# Please help me to choose a Digital Camera



## rosemolr (Oct 15, 2008)

I Want to Buy A camera...It should be a nice choice with in ma budjet..and should be the best one...ma friends told me to take sony cybershot.but i think nikon is better than sony in its picture clarity..please help me dear friends..
Budjet 10000~12000

Thanks in Advance


----------



## ashu888ashu888 (Oct 16, 2008)

^^ 

well, I hv a Sony Cybershot T20 and it it really crisp, i will say plz (wen u go to buy the camera) take a lappy with u if possible and clikc pics from different cameras of different manufacturer and transfer those to ur lappy and see the crispness..  

if not, SOny is a good bet..  believe me . u wont be disappointed.. 

bt, plz watever cam u decide, DO NOT go for a touchscreen type of CAmera bcoz (even though) the protective screen is on it, it will still create a mess with fingerprints on it.. believe me..


----------



## mastermunj (Oct 16, 2008)

Try canon A590IS.

check out www.compareindia.com, helpful site..


----------



## rosemolr (Oct 18, 2008)

yeah i hear that touchscreen wil be horrible..I want a cam which is slim too.but the clarity should be excellent with in ma budget..


----------



## ashu888ashu888 (Oct 18, 2008)

^^ 

yup, i hv infact used one too (touchscreen) and believe me, no matter how good the screen protector is, u will still get bad finger marks on the display screen, and sumtimes the touch isin;t responsive enough, sao u might end up tapping the same function more than once to access it.. 
-----------


----------



## rosemolr (Oct 19, 2008)

moving ahead with w130..what do you think guys..


----------



## Cool Buddy (Oct 19, 2008)

Sony is good, canon has some problems with low light shooting. Don't have any idea about nikon, sony is the popular choice, but that doesn't necessarily mean it is the best. you can search for reviews on the internet, i've got some good info from them.
Canon ixus series is better than canon powershot.


----------



## ashu888ashu888 (Oct 19, 2008)

^^ agree to that on the Sony and Canon part !! ...


----------



## antz.bin (Nov 4, 2008)

canon has the richest colours... sony colours are washed out... even in top end prosumer cams.
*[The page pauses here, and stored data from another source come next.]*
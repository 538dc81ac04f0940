//! The calls that make and change trees, each where there is room, by items that are made of numbers.
ghost use Rattle.std.specs.Prelude.{◌≡◌};
ghost use Rattle.sum_tree.specs.Keyed.{Ascending};

use crate::mirror::number_of;
use crate::numbered::Numbered;
use std::alloc::Global;
use sum_tree::{OutOfMemory, SumTree};

// The most items that a tree here gets.
const MOST: u64 = 1 << 39;

// Pushes the item of a number.
fn push_to<T: Numbered>(
    alloc: Global,
    tree: &mut SumTree<T>,
    number: u64,
) -> Result<(), OutOfMemory> {
    if tree.len() >= MOST {
        return Ok(());
    }
    let item = T::of_number(alloc, number)?;
    tree.push(alloc, item)
}

// Pushes the items of these numbers one by one.
pub(crate) fn push_all<T: Numbered>(
    alloc: Global,
    tree: &mut SumTree<T>,
    numbers: &[u64],
) -> Result<(), OutOfMemory> {
    for number in numbers {
        push_to(alloc, tree, *number)?;
    }
    Ok(())
}

// The tree of these numbers, pushed one by one.
pub(crate) fn pushed_tree<T: Numbered>(
    alloc: Global,
    numbers: &[u64],
) -> Result<SumTree<T>, OutOfMemory> {
    let mut tree = SumTree::new(alloc)?;
    push_all(alloc, &mut tree, numbers)?;
    Ok(tree)
}

// The items of these numbers.
fn list_items<T: Numbered>(alloc: Global, numbers: &[u64]) -> Result<Vec<T>, OutOfMemory> {
    let mut items = Vec::new(alloc);
    for number in numbers {
        items.push(T::of_number(alloc, *number)?)?;
    }
    Ok(items)
}

// The tree of these numbers, made of a list.
pub(crate) fn listed_tree<T: Numbered>(
    alloc: Global,
    numbers: &[u64],
) -> Result<SumTree<T>, OutOfMemory> {
    let items = list_items(alloc, numbers)?;
    if items.len() as u64 >= MOST {
        return SumTree::new(alloc);
    }
    SumTree::from_list(alloc, items)
}

// The tree of one number.
pub(crate) fn tree_of_one<T: Numbered>(
    alloc: Global,
    number: u64,
) -> Result<SumTree<T>, OutOfMemory> {
    let item = T::of_number(alloc, number)?;
    SumTree::from_item(alloc, item)
}

// Puts the items of another tree behind those of this one.
pub(crate) fn append_to<T: Numbered>(
    alloc: Global,
    front: &mut SumTree<T>,
    back: SumTree<T>,
) -> Result<(), OutOfMemory> {
    if front.len() >= MOST || back.len() >= MOST {
        return Ok(());
    }
    front.append(alloc, back)
}

// Puts the items of these numbers in the place of a range.
pub(crate) fn splice_in<T: Numbered>(
    alloc: Global,
    tree: &mut SumTree<T>,
    range: (usize, usize),
    numbers: &[u64],
) -> Result<(), OutOfMemory> {
    let items = list_items(alloc, numbers)?;
    splice_list(alloc, tree, range.0 as u64, range.1 as u64, items)
}

#[tactic(auto, using(sum_tree::proofs::Lists::spliced_short))]
fn splice_list<T: Numbered>(
    alloc: Global,
    tree: &mut SumTree<T>,
    from: u64,
    to: u64,
    items: Vec<T>,
) -> Result<(), OutOfMemory> {
    if from > to || to > tree.len() || tree.len() >= MOST || items.len() as u64 >= MOST {
        return Ok(());
    }
    tree.splice(alloc, from, to, items)
}

// The number of an item that a tree gave.
fn told<T: Numbered>(item: Option<T>) -> Option<u64> {
    number_of(item.as_ref())
}

// Inserts the item of a number, and answers the number of one that it replaced.
fn insert_to<T: Numbered>(
    alloc: Global,
    tree: &mut SumTree<T>,
    number: u64,
) -> Result<Option<u64>, OutOfMemory>
    requires ascending { Ascending T.Key.cmp T.key_of tree.old.items }
    ensures ascending { Ascending T.Key.cmp T.key_of tree.new.items }
{
    if tree.len() >= MOST {
        return Ok(None);
    }
    let item = T::of_number(alloc, number)?;
    let old = tree.insert(alloc, item)?;
    Ok(told(old))
}

// Takes the item of a number out, and answers its number.
fn remove_from<T: Numbered>(
    alloc: Global,
    tree: &mut SumTree<T>,
    number: u64,
) -> Result<Option<u64>, OutOfMemory>
    requires ascending { Ascending T.Key.cmp T.key_of tree.old.items }
    ensures ascending { Ascending T.Key.cmp T.key_of tree.new.items }
{
    let old = tree.remove(alloc, &T::key_at(number))?;
    Ok(told(old))
}

// Inserts the item of a number or takes it out, and answers the number of the one that stood there.
pub(crate) fn set_key<T: Numbered>(
    alloc: Global,
    tree: &mut SumTree<T>,
    inserts: bool,
    number: u64,
) -> Result<Option<u64>, OutOfMemory>
    requires ascending { Ascending T.Key.cmp T.key_of tree.old.items }
    ensures ascending { Ascending T.Key.cmp T.key_of tree.new.items }
{
    if inserts {
        return insert_to(alloc, tree, number);
    }
    remove_from(alloc, tree, number)
}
go to a electronics mall and take a pick.. Croma will serve you good.


----------



## ashu888ashu888 (Nov 4, 2008)

^^ 

well, i dont agree with u on the sony part..i hv been using Sony cybershot for the past 3 yrs adn not a fade in pics, not at all..
---------

to OP: go to a good consumer electronics mall, and click pics using the various digi cams available and then transfer those onto a lappy (yup, the sales representative will help u transfer the files to a lappy) in their store itself and see the pics...


----------



## antz.bin (Nov 5, 2008)

@ashu888ashu888
 i say this from personal experience of what i did at croma... i was comparing the Sony H10 H50 with Canon S5IS


----------



## toofan (Nov 5, 2008)

for your budget you can ger Cannon A590IS this one is around.
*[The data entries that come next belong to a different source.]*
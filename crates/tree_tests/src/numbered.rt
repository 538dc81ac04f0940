//! Items that are made of numbers.
ghost use Rattle.std.specs.Prelude.{List, ◌^◌, ◌≤◌, length};
ghost use Rattle.sum_tree.specs.Laws.{fold};

use std::alloc::Global;
use sum_tree::{KeyedItem, OutOfMemory};

/// An item that is made of a number, and whose sums fit as long as a tree may be.
pub(crate) trait Numbered: KeyedItem {
    /// The item of this number. Fails if an allocation fails.
    fn of_number(alloc: Global, number: u64) -> Result<Self, OutOfMemory>;

    /// The key of the item of this number.
    fn key_at(number: u64) -> Self::Key;

    /// The number that the item was made of.
    fn number(&self) -> u64;

    ghost sums_fit: { (xs : List Self) → length xs ≤ 2 ^ 40
        → Self.Summary.fits (fold Self.Summary.empty Self.Summary.op Self.sum_of xs) };
}
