//! Trees against plain lists, and by their keys, with ample memory and where changes are refused.
ghost use Rattle.std.specs.Prelude.{◌≡◌};
ghost use Rattle.sum_tree.specs.Keyed.{Ascending};

use crate::accounts::{
    Account, Change, Deed, Way, change_both, change_key, change_shared, place_of,
};
use crate::bead::Bead;
use crate::chance::step;
use crate::changes::{append_to, pushed_tree, set_key, tree_of_one};
use crate::cursors::tree_of;
use crate::mirror::{mirrors, number_of, numbers_from};
use crate::numbered::Numbered;
use crate::ranked::{Number, Ranked};
use crate::word::Word;
use std::alloc::Global;
use sum_tree::{OutOfMemory, SumTree};

// A tree that is made of the numbers up to n in some way, and then changed in some rounds, of which a given number may fail.
#[derive(Clone, Copy)]
struct Life {
    made: Way,
    n: u64,
    draws: Draws,
    rounds: u64,
    failures: (u64, u64),
}

// Which changes are drawn: of all kinds, or those that put runs of items in the place of others, in a tree that is shared.
#[derive(Clone, Copy)]
enum Draws {
    All,
    Splices,
}

// A change at the end of a list.
fn change_at(way: Way, at: usize, first: u64, count: u64) -> Change {
    Change {
        way,
        range: (at, at),
        first,
        count,
    }
}

// The splice that x draws: at most `most` items go, and `come` come.
fn drawn_splice(x: u64, len: usize, most: usize, come: u64) -> Change {
    let from = (x >> 20) as usize % len.saturating_add(1);
    let gone = (x >> 40) as usize % most.max(1);
    Change {
        way: Way::Splice,
        range: (from, from.saturating_add(gone).min(len)),
        first: 0,
        count: (x >> 50) % come.max(1),
    }
}

// The change that x draws of a list of `len` items.
fn drawn_change(x: u64, len: usize) -> Change {
    let from = (x >> 20) as usize % len.saturating_add(1);
    match x >> 61 {
        0 | 1 => change_at(Way::Push, len, x >> 40, 1),
        2 => change_at(Way::Append, len, 0, (x >> 40) % 30),
        3 => drawn_splice(x, len, 30, 30),
        4 => change_at(Way::Cut, from, 0, 0),
        _ => drawn_splice(x, len, 4, 4),
    }
}

// One round: every third one of all draws, and each one of splices, is made while another tree shares the nodes.
fn change_once<T: Numbered>(
    alloc: Global,
    tree: &mut SumTree<T>,
    account: &mut Account,
    draws: Draws,
    (round, x): (u64, u64),
) -> Result<(), OutOfMemory> {
    let len = account.numbers.len();
    match draws {
        Draws::Splices => change_shared(alloc, tree, account, drawn_splice(x, len, 30, 27)),
        Draws::All => {
            if round % 3 == 0 {
                change_shared(alloc, tree, account, drawn_change(x, len))
            } else {
                change_both(alloc, tree, account, drawn_change(x, len))
            }
        }
    }
}

fn change_often<T: Numbered>(
    alloc: Global,
    tree: &mut SumTree<T>,
    account: &mut Account,
    draws: Draws,
    rounds: u64,
) {
    let mut x = 1u64;
    for round in 0..rounds {
        x = step(x);
        let done = change_once(alloc, tree, account, draws, (round, x));
        account.count(done.is_err());
    }
}

// Cuts a tree of n items at its ends and at some places between.
fn cut_everywhere<T: Numbered>(
    alloc: Global,
    tree: &mut SumTree<T>,
    account: &mut Account,
) -> Result<(), OutOfMemory> {
    let n = account.numbers.len();
    for at in [0, 1, 6, 12, 13, 72, n / 3, n / 2, n.saturating_sub(1), n] {
        if at <= n {
            change_both(alloc, tree, account, change_at(Way::Cut, at, 0, 0))?;
        }
    }
    Ok(())
}

// Makes a tree, cuts it, and changes it.
fn live<T: Numbered>(
    alloc: Global,
    tree: &mut SumTree<T>,
    account: &mut Account,
    life: &Life,
) -> Result<(), OutOfMemory> {
    change_both(alloc, tree, account, change_at(life.made, 0, 0, life.n))?;
    cut_everywhere(alloc, tree, account)?;
    change_often(alloc, tree, account, life.draws, life.rounds);
    Ok(())
}

fn lives<T: Numbered>(alloc: Global, life: &Life) -> Result<bool, OutOfMemory> {
    let mut tree: SumTree<T> = SumTree::new(alloc)?;
    let mut account = Account::new(alloc, true);
    live(alloc, &mut tree, &mut account, life)?;
    Ok(account.is_right(life.failures.0, life.failures.1))
}

const MAKES: &[(&str, Way)] = &[("pushed", Way::Push), ("listed", Way::List)];

// The tree of n items, of which ranges are replaced.
fn is_list<T: Numbered>(alloc: Global, made: Way, n: u64) -> Result<bool, OutOfMemory> {
    let life = Life {
        made,
        n,
        draws: Draws::Splices,
        rounds: 60,
        failures: (0, 0),
    };
    lives::<T>(alloc, &life)
}

#[test]
fn trees_are_lists(rt: HostRuntime) -> Result<(), OutOfMemory> {
    for &(name, made) in MAKES {
        for n in [0, 1, 6, 12, 13, 72, 73, 156, 157, 2000, 5000] {
            assert!(rt;
                is_list::<Ranked>(rt.alloc(), made, n)?,
                "{n} numbers, {name}"
            );
        }
        for n in [0, 1, 12, 13, 72, 73, 156, 157, 1000] {
            assert!(rt; is_list::<Word>(rt.alloc(), made, n)?, "{n} words, {name}");
        }
    }
    Ok(())
}

const ROOMY: &Life = &Life {
    made: Way::Push,
    n: 0,
    draws: Draws::All,
    rounds: 300,
    failures: (0, 1),
};

const REFUSED: &Life = &Life {
    made: Way::Push,
    n: 0,
    draws: Draws::All,
    rounds: 600,
    failures: (30, 300),
};

// Where a test is run with one allocation that fails, it fails in one of these rounds.
#[test]
fn changes_leave_lists(rt: HostRuntime) -> Result<(), OutOfMemory> {
    assert!(rt; lives::<Ranked>(rt.alloc(), ROOMY)?, "numbers");
    assert!(rt; lives::<Word>(rt.alloc(), ROOMY)?, "words");
    assert!(rt;
        lives::<Bead>(rt.alloc(), REFUSED)?,
        "beads, of which some are refused"
    );
    Ok(())
}

// Keys that are inserted and taken out, whether the tree is compared after each, and how many of these changes may fail.
struct Keys {
    name: &'static str,
    drawn: Drawn,
    rounds: usize,
    compares: bool,
    failures: (u64, u64),
}

#[derive(Clone, Copy)]
enum Drawn {
    // The numbers below 1000 in a mixed order, and then the even ones are taken out.
    Halved,
    // By chance, among a thousand numbers, and later among fewer.
    Toggled,
}

fn draw_key(drawn: Drawn, round: usize, x: u64) -> (Deed, u64) {
    match drawn {
        Drawn::Halved if round < 1000 => (Deed::Insert, (round as u64 * 387) % 1000),
        Drawn::Halved => (Deed::Remove, (round as u64 % 1000) * 2),
        Drawn::Toggled if round < 200 => (Deed::Toggle, (x >> 20) % 1000),
        Drawn::Toggled => (Deed::Toggle, (x >> 20) % 250),
    }
}

// Whether the numbers of a list are found, and no others below 1001.
fn finds<T: Numbered>(tree: &SumTree<T>, numbers: &[u64]) -> bool
    requires ascending { Ascending T.Key.cmp T.key_of tree.now.items }
{
    let mut right = true;
    for number in 0..1001u64 {
        let found = number_of(tree.find(&T::key_at(number)));
        let (_, there) = place_of(numbers, number);
        right = right & (found == (if there { Some(number) } else { None }));
    }
    right
}

fn change_keys<T: Numbered>(
    alloc: Global,
    tree: &mut SumTree<T>,
    account: &mut Account,
    drawn: Drawn,
    rounds: usize,
)
    requires ascending { Ascending T.Key.cmp T.key_of tree.old.items }
{
    let mut x = 1u64;
    for round in 0..rounds {
        x = step(x);
        let (deed, number) = draw_key(drawn, round, x);
        let done = change_key(alloc, tree, account, deed, number);
        account.count(done.is_err());
    }
    let right = finds(tree, &account.numbers);
    account.check(right);
}

// Changes a tree by its keys.
fn are_right<T: Numbered>(alloc: Global, keys: &Keys) -> Result<bool, OutOfMemory> {
    let mut tree: SumTree<T> = SumTree::new(alloc)?;
    let mut account = Account::new(alloc, keys.compares);
    change_keys(alloc, &mut tree, &mut account, keys.drawn, keys.rounds);
    let right = mirrors(&tree, &account.numbers);
    Ok(right & account.is_right(keys.failures.0, keys.failures.1))
}

const ROOMY_KEYS: &[Keys] = &[
    Keys {
        name: "a thousand keys",
        drawn: Drawn::Halved,
        rounds: 1000,
        compares: false,
        failures: (0, 0),
    },
    Keys {
        name: "half of a thousand keys",
        drawn: Drawn::Halved,
        rounds: 1500,
        compares: false,
        failures: (0, 0),
    },
    Keys {
        name: "keys by chance",
        drawn: Drawn::Toggled,
        rounds: 400,
        compares: true,
        failures: (0, 1),
    },
];

const REFUSED_KEYS: &Keys = &Keys {
    name: "keys of which some are refused",
    drawn: Drawn::Toggled,
    rounds: 600,
    compares: true,
    failures: (30, 300),
};

// Whether a key is inserted or else taken out, and what is answered.
const FEW: &[(bool, u64, Option<u64>)] = &[
    (true, 2, None),
    (true, 5, None),
    (true, 3, None),
    (true, 5, Some(5)),
    (false, 2, Some(2)),
    (false, 9, None),
];

fn answers_few<T: Numbered>(alloc: Global, tree: &mut SumTree<T>) -> Result<bool, OutOfMemory>
    requires ascending { Ascending T.Key.cmp T.key_of tree.old.items }
{
    let mut right = true;
    for &(inserts, number, expected) in FEW {
        right = right & (set_key(alloc, tree, inserts, number)? == expected);
    }
    Ok(right & finds(tree, &[3, 5]))
}

// Changes a few keys, and puts the tree of one number behind.
fn takes_few<T: Numbered>(alloc: Global, tree: &mut SumTree<T>) -> Result<bool, OutOfMemory>
    requires ascending { Ascending T.Key.cmp T.key_of tree.old.items }
{
    let right = answers_few(alloc, tree)?;
    append_to(alloc, tree, tree_of_one(alloc, 8)?)?;
    Ok(right & mirrors(tree, &[3, 5, 8]))
}

fn ascends<T: Numbered>(alloc: Global) -> Result<bool, OutOfMemory> {
    let mut tree: SumTree<T> = SumTree::new(alloc)?;
    takes_few(alloc, &mut tree)
}

#[test]
fn keys_ascend(rt: HostRuntime) -> Result<(), OutOfMemory> {
    assert!(rt; ascends::<Ranked>(rt.alloc())?, "few keys, ranked");
    assert!(rt; ascends::<Word>(rt.alloc())?, "few keys, words");
    assert!(rt; ascends::<Number>(rt.alloc())?, "few keys, numbers");
    for keys in ROOMY_KEYS {
        assert!(rt;
            are_right::<Ranked>(rt.alloc(), keys)?,
            "{}, ranked",
            keys.name
        );
        assert!(rt;
            are_right::<Word>(rt.alloc(), keys)?,
            "{}, words",
            keys.name
        );
        assert!(rt;
            are_right::<Number>(rt.alloc(), keys)?,
            "{}, numbers",
            keys.name
        );
    }
    assert!(rt;
        are_right::<Bead>(rt.alloc(), REFUSED_KEYS)?,
        "{}",
        REFUSED_KEYS.name
    );
    Ok(())
}

// Whether the sum of n words lists their numbers.
fn lists_numbers(alloc: Global, n: u64) -> Result<bool, OutOfMemory> {
    let numbers = numbers_from(alloc, 0, n)?;
    let tree: SumTree<Word> = pushed_tree(alloc, &numbers)?;
    Ok(tree.summary().as_slice() == numbers.as_slice())
}

#[test]
fn sums_hold_lists(rt: HostRuntime) -> Result<(), OutOfMemory> {
    for n in [0, 1, 4, 5, 12, 13, 73, 157, 2000] {
        assert!(rt; lists_numbers(rt.alloc(), n)?, "{n} words");
    }
    Ok(())
}

// Whether n items of width 1 are n wide together, in a tree of this height.
fn is_wide(alloc: Global, n: u64, height: u32) -> Result<bool, OutOfMemory> {
    let tree = tree_of(alloc, &[1], n)?;
    let extent = tree.summary();
    Ok((extent.items == n) & (extent.width == n) & (tree.height() == height))
}

#[test]
fn widths_are_added(rt: HostRuntime) -> Result<(), OutOfMemory> {
    for (n, height) in [(0, 0), (12, 0), (13, 1), (48, 1)] {
        assert!(rt; is_wide(rt.alloc(), n, height)?, "{n} items");
    }
    Ok(())
}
But i will suggest you Cannon powershot A720IS this one is the best and it is around 10.5k at www.compareindia.com or else you can get this model at around 11 to 12k and it will justify the amount you spent on this one.

Don't go for Sony. They doesn't provide manual controls and are not as good as Cannon ones. sony cameras are for those who don't want to learn the goodness of manual photography.

A720 IS has 6x optical zoom and I bet you can't find any other model with such quality.
check here
*www.dpreview.com/reviews/canona720is/page12.asp


----------



## ashu888ashu888 (Nov 5, 2008)

@ antz:

sorry for jumping to conclusions quickly..


----------



## antz.bin (Nov 5, 2008)

Just found this...

*www.imaging-resource.com/IMCOMP/COMPS01.HTM

use this tool.. i think it should have most of the aforementioned models included in its compare tool


----------



## Doomsday (Nov 5, 2008)

*www.dcresource.com/
is the one of the best websites for reviews of P&S digicams.



> Don't go for Sony. They doesn't provide manual controls and are not as good as Cannon ones. sony cameras are for those who don't want to learn the goodness of manual photography



+1.
The canon AXXX IS series is an excellent choice of beginners' camera for learning photography. 

Also remember, the Sony cams take only their proprietary memory stick format for storage. It's 2x the cost of an SD card which most others use.


----------



## mastermunj (Nov 5, 2008)

^^^ I agree..


----------



## antz.bin (Nov 6, 2008)

+1 Canon A590IS..

And SD card point is correct... the canon will support SDHC too.. much higher capacities.. 

U can get 8 GB card for 1.5k.. dont think thats possible with MSD


----------



## ashu888ashu888 (Nov 7, 2008)

^^ 

yup, i agree to u that Memory Stick Pro Duo cards (MSPDs) are really short on capacity and high on price..


----------



## Zangetsu (Nov 7, 2008)

Nikon camera r costly when compared with Sony & Cannon...

Go 4 Sony..the most popular among users...


----------



## ashu888ashu888 (Nov 7, 2008)

^^ 

yup, its a popular one, i too purchased it bcoz of its popularity among users and shopkeepers alike..


----------



## antz.bin (Nov 7, 2008)

it has been 20 days... the guy may have already bought his camera... not even replying...


----------



## toofan (Nov 7, 2008)

He might be confused what to buy or busy shooting birds.


----------